##### Available data

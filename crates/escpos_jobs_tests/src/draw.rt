//! The rows of `draw`: every number of these documents is worked out from the rules of docs/PROFILE.md, not read off.

use escpos_job_parts::status::Status;
use escpos_jobs::task::Task;
use escpos_test_jobs::{draw_task, passing_draw_task, prints, raw_draw_task};
use std::alloc::Global;
use std::process::Abort;

mod qr_codes;
mod qr_sizes;

// The style sheet, and the clip of rasters.
const STYLES: &str = "\
<style type=\"text/css\">
.paper{fill:#fff}
text{font-family:\"DejaVu Sans Mono\",Menlo,Consolas,monospace;font-size:20px;white-space:pre}
.B{font-size:15px}
.bold{font-weight:bold}
.white{fill:#fff}
.second{fill:#c00}
.middle{text-anchor:middle}
.bars path,.raster path{stroke:#000;shape-rendering:crispEdges}
.raster{clip-path:url(#line)}
.box,.cut circle,.cut path{fill:none;stroke:#000;stroke-width:2}
.dashes{stroke-dasharray:8 6}
.last{fill:#a00}
</style>
<clipPath id=\"line\"><path d=\"M0 0h512v8190H0z\"/></clipPath>
";

// A stream in hexadecimal, the height of its paper and of its document in dots, and what stands between head and end.
type Drawn = (&'static str, &'static str, &'static str, &'static str);

const DRAWN: [Drawn; 40] = [
    // an empty paper: its margins alone
    ("", "64", "64", ""),
    // a row, 24 dots high, with its base line three quarters down, and a feed of 30 dots from its upper edge
    (
        "48 69 0A",
        "94",
        "94",
        "<g class=\"row\" transform=\"translate(32,50)\"><text x=\"0\" textLength=\"24\">Hi</text></g>\n<g class=\"feed\"/>\n",
    ),
    // the next row begins where the feed ends: 32 + 30 + 18
    (
        "41 0A 42 0A",
        "124",
        "124",
        "<g class=\"row\" transform=\"translate(32,50)\"><text x=\"0\" textLength=\"12\">A</text></g>\n<g class=\"feed\"/>\n\
         <g class=\"row\" transform=\"translate(32,80)\"><text x=\"0\" textLength=\"12\">B</text></g>\n<g class=\"feed\"/>\n",
    ),
    // a feed of no lines takes nothing, and a feed that follows no row takes 30 dots a line
    ("1B 64 00", "64", "64", "<g class=\"feed\"/>\n"),
    (
        "0A 1B 64 02",
        "154",
        "154",
        "<g class=\"feed\"/>\n<g class=\"feed\"/>\n",
    ),
    // a row that is 48 dots high is higher than a line: a feed of one takes nothing more, one of two takes 30
    (
        "1D 21 01 41 1B 64 02",
        "142",
        "142",
        "<g class=\"row\" transform=\"translate(32,68)\"><text transform=\"matrix(1 0 0 2 0 0)\" textLength=\"12\">A</text></g>\n<g class=\"feed\"/>\n",
    ),
    // four dots of space after each of two characters, white on black: the ground has both, the text what is between them
    (
        "1B 20 04 1D 42 01 41 42 0A",
        "94",
        "94",
        "<g class=\"row\" transform=\"translate(32,50)\"><path d=\"M0 -18h32v24h-32z\"/><text x=\"0\" class=\"white\" textLength=\"28\">AB</text></g>\n<g class=\"feed\"/>\n",
    ),
    // a second colour: what would be black has it
    (
        "1B 72 01 1B 2D 01 41 0A",
        "94",
        "94",
        "<g class=\"row\" transform=\"translate(32,50)\"><g class=\"second\"><text x=\"0\" textLength=\"12\">A</text><path d=\"M0 5h12v1h-12z\"/></g></g>\n<g class=\"feed\"/>\n",
    ),
    (
        "1B 72 01 1D 42 01 41 0A",
        "94",
        "94",
        "<g class=\"row\" transform=\"translate(32,50)\"><g class=\"second\"><path d=\"M0 -18h12v24h-12z\"/><text x=\"0\" class=\"white\" textLength=\"12\">A</text></g></g>\n<g class=\"feed\"/>\n",
    ),
    // three motion units are one and a half dots
    (
        "1B 4A 03 41 0A",
        "95.5",
        "95.5",
        "<g class=\"units\"/>\n<g class=\"row\" transform=\"translate(32,51.5)\"><text x=\"0\" textLength=\"12\">A</text></g>\n<g class=\"feed\"/>\n",
    ),
    // centred and right: 512 - 36 dots are left free
    (
        "1B 61 01 41 42 43 0A",
        "94",
        "94",
        "<g class=\"row\" transform=\"translate(270,50)\"><text x=\"0\" textLength=\"36\">ABC</text></g>\n<g class=\"feed\"/>\n",
    ),
    (
        "1B 61 02 41 42 43 0A",
        "94",
        "94",
        "<g class=\"row\" transform=\"translate(508,50)\"><text x=\"0\" textLength=\"36\">ABC</text></g>\n<g class=\"feed\"/>\n",
    ),
    // font B: 9 by 17 dots, with its base line 12.75 dots down
    (
        "1B 4D 01 41 42 0A",
        "94",
        "94",
        "<g class=\"row\" transform=\"translate(32,44.75)\"><text x=\"0\" class=\"B\" textLength=\"18\">AB</text></g>\n<g class=\"feed\"/>\n",
    ),
    // emphasis, and both
    (
        "1B 45 01 41 0A 1B 4D 01 42 0A",
        "124",
        "124",
        "<g class=\"row\" transform=\"translate(32,50)\"><text x=\"0\" class=\"bold\" textLength=\"12\">A</text></g>\n<g class=\"feed\"/>\n\
         <g class=\"row\" transform=\"translate(32,74.75)\"><text x=\"0\" class=\"B bold\" textLength=\"9\">B</text></g>\n<g class=\"feed\"/>\n",
    ),
    // underlines of one and two dots, across a blank, at the lower edge of the cells: 6 dots under the base line
    (
        "1B 2D 01 41 20 0A 1B 2D 02 42 0A",
        "124",
        "124",
        "<g class=\"row\" transform=\"translate(32,50)\"><text x=\"0\" textLength=\"24\">A </text><path d=\"M0 5h24v1h-24z\"/></g>\n<g class=\"feed\"/>\n\
         <g class=\"row\" transform=\"translate(32,80)\"><text x=\"0\" textLength=\"12\">B</text><path d=\"M0 4h12v2h-12z\"/></g>\n<g class=\"feed\"/>\n",
    ),
    // double strike is bold, beside emphasis and alone
    (
        "1B 47 01 41 1B 45 01 42 0A",
        "94",
        "94",
        "<g class=\"row\" transform=\"translate(32,50)\"><text x=\"0\" class=\"bold\" textLength=\"12\">A</text>\
         <text x=\"12\" class=\"bold\" textLength=\"12\">B</text></g>\n<g class=\"feed\"/>\n",
    ),
    // white on black, across a blank: 18 dots above the base line and 6 below it; the underline isn't drawn
    (
        "41 1D 42 01 1B 2D 02 42 20 1D 42 00 43 0A",
        "94",
        "94",
        "<g class=\"row\" transform=\"translate(32,50)\"><text x=\"0\" textLength=\"12\">A</text>\
         <path d=\"M12 -18h24v24h-24z\"/><text x=\"12\" class=\"white\" textLength=\"24\">B </text>\
         <text x=\"36\" textLength=\"12\">C</text><path d=\"M36 4h12v2h-12z\"/></g>\n<g class=\"feed\"/>\n",
    ),
    // twice as wide and three times as high in font B, bold: 18 by 51 dots, 38.25 of them above the base line
    (
        "1D 42 01 1B 45 01 1B 4D 01 1D 21 12 41 0A",
        "115",
        "115",
        "<g class=\"row\" transform=\"translate(32,70.25)\"><path d=\"M0 -38.25h18v51h-18z\"/>\
         <text transform=\"matrix(2 0 0 3 0 0)\" class=\"B bold white\" textLength=\"9\">A</text></g>\n<g class=\"feed\"/>\n",
    ),
    // a line that is turned: what stands at its left end begins 32 + 512 dots from the left, 6 dots under its upper edge
    (
        "1B 7B 01 41 42 0A 1B 61 02 43 0A",
        "124",
        "124",
        "<g class=\"row\" transform=\"translate(544,38) rotate(180)\"><text x=\"0\" textLength=\"24\">AB</text></g>\n<g class=\"feed\"/>\n\
         <g class=\"row\" transform=\"translate(44,68) rotate(180)\"><text x=\"0\" textLength=\"12\">C</text></g>\n<g class=\"feed\"/>\n",
    ),
    // 61 motion units are 30.5 dots: 6.5 under a row, and 30.5 for each further line; after ESC 2 it is 30 again
    (
        "1B 33 3D 41 1B 64 02 0A 1B 32 0A",
        "185.5",
        "185.5",
        "<g class=\"row\" transform=\"translate(32,50)\"><text x=\"0\" textLength=\"12\">A</text></g>\n<g class=\"feed\"/>\n\
         <g class=\"feed\"/>\n<g class=\"feed\"/>\n",
    ),
    // a spacing less than a row is high adds nothing under it
    (
        "1B 33 00 41 0A 42 0A",
        "112",
        "112",
        "<g class=\"row\" transform=\"translate(32,50)\"><text x=\"0\" textLength=\"12\">A</text></g>\n<g class=\"feed\"/>\n\
         <g class=\"row\" transform=\"translate(32,74)\"><text x=\"0\" textLength=\"12\">B</text></g>\n<g class=\"feed\"/>\n",
    ),
    // struck twice, white on black
    (
        "1B 47 01 1D 42 01 41 0A",
        "94",
        "94",
        "<g class=\"row\" transform=\"translate(32,50)\"><path d=\"M0 -18h12v24h-12z\"/>\
         <text x=\"0\" class=\"bold white\" textLength=\"12\">A</text></g>\n<g class=\"feed\"/>\n",
    ),
    // characters of two sets are two texts
    (
        "41 1B 52 01 42 0A",
        "94",
        "94",
        "<g class=\"row\" transform=\"translate(32,50)\"><text x=\"0\" textLength=\"12\">A</text>\
         <text x=\"12\" textLength=\"12\">B</text></g>\n<g class=\"feed\"/>\n",
    ),
    // centred and turned: 251 of 503 dots are free on the right, 17 dots high
    (
        "1B 7B 01 1B 61 01 1B 4D 01 41 0A",
        "94",
        "94",
        "<g class=\"row\" transform=\"translate(293,36.25) rotate(180)\"><text x=\"0\" class=\"B\" textLength=\"9\">A</text></g>\n<g class=\"feed\"/>\n",
    ),
    // three styles in one row: on one base line, the second 12 dots from the left and 2 x 12 wide
    (
        "41 1D 21 11 42 1D 21 00 43 0A",
        "112",
        "112",
        "<g class=\"row\" transform=\"translate(32,68)\"><text x=\"0\" textLength=\"12\">A</text>\
         <text transform=\"matrix(2 0 0 2 12 0)\" textLength=\"12\">B</text><text x=\"36\" textLength=\"12\">C</text></g>\n<g class=\"feed\"/>\n",
    ),
    // what means something in a document stands as an entity
    (
        "26 3C 3E 22 27 0A",
        "94",
        "94",
        "<g class=\"row\" transform=\"translate(32,50)\"><text x=\"0\" textLength=\"60\">&amp;&lt;&gt;&quot;&apos;</text></g>\n<g class=\"feed\"/>\n",
    ),
    // 80 and D5 in the tables 0, 2, 16 and 19, and 80 in 3; 81 is open in table 16, and table 20 is not one of those that are read
    (
        "80 D5 1B 74 02 80 D5 1B 74 10 80 D5 81 1B 74 13 80 D5 1B 74 03 80 1B 74 14 80 0A",
        "94",
        "94",
        "<g class=\"row\" transform=\"translate(32,50)\"><text x=\"0\" textLength=\"24\">Ç╒</text><text x=\"24\" textLength=\"24\">Çı</text>\
         <text x=\"48\" textLength=\"36\">€Õ\u{FFFD}</text><text x=\"84\" textLength=\"24\">Ç€</text><text x=\"108\" textLength=\"12\">Ç</text>\
         <text x=\"120\" textLength=\"12\">\u{FFFD}</text></g>\n<g class=\"feed\"/>\n",
    ),
    // 7F is no character
    (
        "7F 0A",
        "94",
        "94",
        "<g class=\"row\" transform=\"translate(32,50)\"><text x=\"0\" textLength=\"12\">\u{FFFD}</text></g>\n<g class=\"feed\"/>\n",
    ),
    // a raster of each scale: F0 0F is four dots, eight white ones, and four dots; nothing is drawn of a white row
    (
        "1D 76 30 00 02 00 02 00 F0 0F 00 00",
        "66",
        "66",
        "<g class=\"raster\" transform=\"translate(32,32)\"><g transform=\"scale(1,1)\">\n<path d=\"M0 0.5h4m4 0m4 0h4m-16 1\"/>\n</g></g>\n",
    ),
    (
        "1B 61 01 1D 76 30 01 01 00 02 00 18 81",
        "66",
        "66",
        "<g class=\"raster\" transform=\"translate(280,32)\"><g transform=\"scale(2,1)\">\n<path d=\"M0 0.5m3 0h2m3 0m-8 1h1m6 0h1\"/>\n</g></g>\n",
    ),
    (
        "1D 76 30 02 01 00 01 00 FF",
        "66",
        "66",
        "<g class=\"raster\" transform=\"translate(32,32)\"><g transform=\"scale(1,2)\">\n<path d=\"M0 0.5h8\"/>\n</g></g>\n",
    ),
    (
        "1B 61 02 1D 76 30 03 02 00 01 00 01 80",
        "66",
        "66",
        "<g class=\"raster\" transform=\"translate(512,32)\"><g transform=\"scale(2,2)\">\n<path d=\"M0 0.5m7 0h1h1m7 0\"/>\n</g></g>\n",
    ),
    // graphics, printed where they are printed and not where they are stored: the last of 12 dots in two bytes
    (
        "1D 28 4C 0C 00 30 70 30 02 01 31 0C 00 01 00 00 10 1B 61 02 1D 28 4C 02 00 30 32",
        "65",
        "65",
        "<g class=\"raster\" transform=\"translate(512,32)\"><g transform=\"scale(2,1)\">\n<path d=\"M0 0.5m8 0m3 0h1m4 0\"/>\n</g></g>\n",
    ),
    // a barcode in the middle of its text: 55123457 by the GS1 table, three dots a module, 60 dots high, its text in font B below
    (
        "1D 68 3C 1D 48 02 1D 66 01 1D 6B 44 07 35 35 31 32 33 34 35",
        "141",
        "141",
        "<g class=\"bars\" transform=\"translate(32,32)\">\n<svg y=\"0\" width=\"201\" height=\"60\" viewBox=\"0 0 201 1\" preserveAspectRatio=\"none\">\n\
         <path d=\"M0 0.5h3m3 0h3m3 0h6m9 0h3m3 0h6m9 0h3m6 0h6m6 0h3m6 0h3m6 0h6m3 0h3m3 0h3m3 0h3m12 0h3m3 0h3m3 0h9m6 0h3m6 0h9m3 0h3m9 0h3m6 0h3m3 0h3\"/>\n</svg>\n\
         <text class=\"middle B\" x=\"100.5\" y=\"72.75\" textLength=\"72\">55123457</text></g>\n",
    ),
    // the same under a row, its text above the bars, in font B too
    (
        "41 0A 1D 68 3C 1D 48 01 1D 66 01 1D 6B 44 07 35 35 31 32 33 34 35",
        "171",
        "171",
        "<g class=\"row\" transform=\"translate(32,50)\"><text x=\"0\" textLength=\"12\">A</text></g>\n<g class=\"feed\"/>\n\
         <g class=\"bars\" transform=\"translate(32,62)\">\n<text class=\"middle B\" x=\"100.5\" y=\"12.75\" textLength=\"72\">55123457</text>\
         <svg y=\"17\" width=\"201\" height=\"60\" viewBox=\"0 0 201 1\" preserveAspectRatio=\"none\">\n\
         <path d=\"M0 0.5h3m3 0h3m3 0h6m9 0h3m3 0h6m9 0h3m6 0h6m6 0h3m6 0h3m6 0h6m3 0h3m3 0h3m3 0h3m12 0h3m3 0h3m3 0h9m6 0h3m6 0h9m3 0h3m9 0h3m6 0h3m3 0h3\"/>\n</svg>\n</g>\n",
    ),
    // no character of CODE39 is an asterisk
    (
        "1D 6B 45 01 2A",
        "226",
        "226",
        "<g class=\"bars\" transform=\"translate(32,32)\">\n<svg y=\"0\" width=\"512\" height=\"162\"><rect class=\"box\" width=\"512\" height=\"162\"/></svg>\n\
         <svg y=\"0\" width=\"512\" height=\"162\" viewBox=\"0 0 512 48\"><text class=\"middle\" x=\"256\" y=\"18\">not scannable</text>\
         <text class=\"middle\" x=\"256\" y=\"42\" textLength=\"12\" lengthAdjust=\"spacingAndGlyphs\">*</text></svg>\n</g>\n",
    ),
    // a cut after a feed of two and a half dots; a partial cut leaves the middle whole
    (
        "1D 56 41 05",
        "90.5",
        "90.5",
        "<g class=\"cut\" transform=\"translate(0,34.5)\"><circle cx=\"8\" cy=\"6\" r=\"4\"/><circle cx=\"8\" cy=\"18\" r=\"4\"/>\
         <path d=\"M11 9L28 18M11 15L28 6\"/><path class=\"dashes\" d=\"M32 12H576\"/></g>\n",
    ),
    (
        "1D 56 01",
        "88",
        "88",
        "<g class=\"cut\" transform=\"translate(0,32)\"><circle cx=\"8\" cy=\"6\" r=\"4\"/><circle cx=\"8\" cy=\"18\" r=\"4\"/>\
         <path d=\"M11 9L28 18M11 15L28 6\"/><path class=\"dashes\" d=\"M32 12H272M304 12H576\"/></g>\n",
    ),
    // a last line under the paper, which takes 40 dots more, 26 dots down
    (
        "41 0A 1D 56",
        "94",
        "134",
        "<g class=\"row\" transform=\"translate(32,50)\"><text x=\"0\" textLength=\"12\">A</text></g>\n<g class=\"feed\"/>\n\
         <text class=\"last\" x=\"32\" y=\"120\">end 4 pending 2\n</text>\n",
    ),
    (
        "06",
        "64",
        "104",
        "<text class=\"last\" x=\"32\" y=\"90\">fault 0 1 UnknownByte\n</text>\n",
    ),
];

##########

Work order
Copy the lines that hold the word "viewBox". Take them from the records above.

Result of the task
        "<g class=\"bars\" transform=\"translate(32,32)\">\n<svg y=\"0\" width=\"201\" height=\"60\" viewBox=\"0 0 201 1\" preserveAspectRatio=\"none\">\n\
         <svg y=\"17\" width=\"201\" height=\"60\" viewBox=\"0 0 201 1\" preserveAspectRatio=\"none\">\n\
         <svg y=\"0\" width=\"512\" height=\"162\" viewBox=\"0 0 512 48\"><text class=\"middle\" x=\"256\" y=\"18\">not scannable</text>\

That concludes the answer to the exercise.